* _Input material_
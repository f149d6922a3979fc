// The statements of the opcodes from EQ to TESTSET: 'its condition is wrapped in Not where A (EQ, LT, LE) or C (TEST, TESTSET) is 0'.
// Opcodes are numbers, for the reason that stands at `op`.
ghost use Rattle.std.specs.Prelude.{ℕ, ◌≤◌, cond, [], ◌∷◌};
ghost use Rattle.lua51_instruction.specs.Word.{op_of, number_of, EQ, TESTSET};
ghost use Rattle.lua51_instruction.specs.Proto.{Proto, word};
ghost use Rattle.lua51_instruction.specs.Instruction.{FieldsOf};
ghost use Rattle.ast.specs.Statement.{register, binary, if_statement};
ghost use Rattle.ast.specs.Statement as ast;
ghost use Rattle.ast.specs.Written.{Adds, Wrote};
ghost use Rattle.lua51_lifter.specs.Lift.{rk, condition, statements_by};
ghost use Rattle.lua51_runs.specs.Runs.{run_at};

use ast::{EQUAL, IF, LESS, LESS_OR_EQUAL, NOT, REGISTER, Run, UNARY};
use lua51_instruction::instruction::Fields;
use lua51_instruction::op;
use lua51_runs::operands::push_binary;

// Writes 'if', and Not where its condition is wrapped.
fn push_if(run: &mut Run, wrapped: bool)
    ensures { Adds run.old run.new (cond wrapped (3 ∷ 8 ∷ 1 ∷ []) (3 ∷ [])) }
{
    if wrapped {
        return run.push_all(&[IF, UNARY, NOT]);
    }
    run.push(IF);
}

// Writes 'if RK(B) operator RK(C)', under Not where A is 0.
fn comparison(run: &mut Run, w: Fields, operator: u32)
    ensures { Adds run.old run.new (ast.run (if_statement (condition w.a (binary operator (rk w.b) (rk w.c))))) }
{
    push_if(run, w.a == 0);
    push_binary(run, w, operator);
}

// Writes 'if R(r)', under Not where the flag is 0.
fn truth(run: &mut Run, flag: u16, r: u32)
    ensures { Adds run.old run.new (ast.run (if_statement (condition flag (register r)))) }
{
    push_if(run, flag == 0);
    run.push_all(&[REGISTER, r]);
}

// Writes the statement of an opcode from EQ to TESTSET. For any other word it writes some numbers.
pub fn test(run: &mut Run, w: Fields)
    ensures result_after { (p : Proto) (i : ℕ) → FieldsOf (word p i) w → number_of EQ ≤ w.opcode → w.opcode ≤ number_of TESTSET
        → Adds run.old run.new (run_at (statements_by p i (op_of w.opcode)) 0) }
    ensures anyway { Wrote run.old run.new }
{
    let opcode = w.opcode;
    match opcode {
        op::EQ => comparison(run, w, EQUAL),
        op::LT => comparison(run, w, LESS),
        op::LE => comparison(run, w, LESS_OR_EQUAL),
        op::TEST => truth(run, w.c, u32::from(w.a)),
        _ => truth(run, w.c, u32::from(w.b)),
    }
}
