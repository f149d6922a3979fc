// The statements of the opcodes from ADD to TESTSET, each by the operands of its word alone.
#![tactic(auto)]

pub mod operations; // ADD to CONCAT
pub mod tests; // EQ to TESTSET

* _Exercise details_
Respond with one number only: how many lines of the data contain "Rattle".

* _Answer section_
9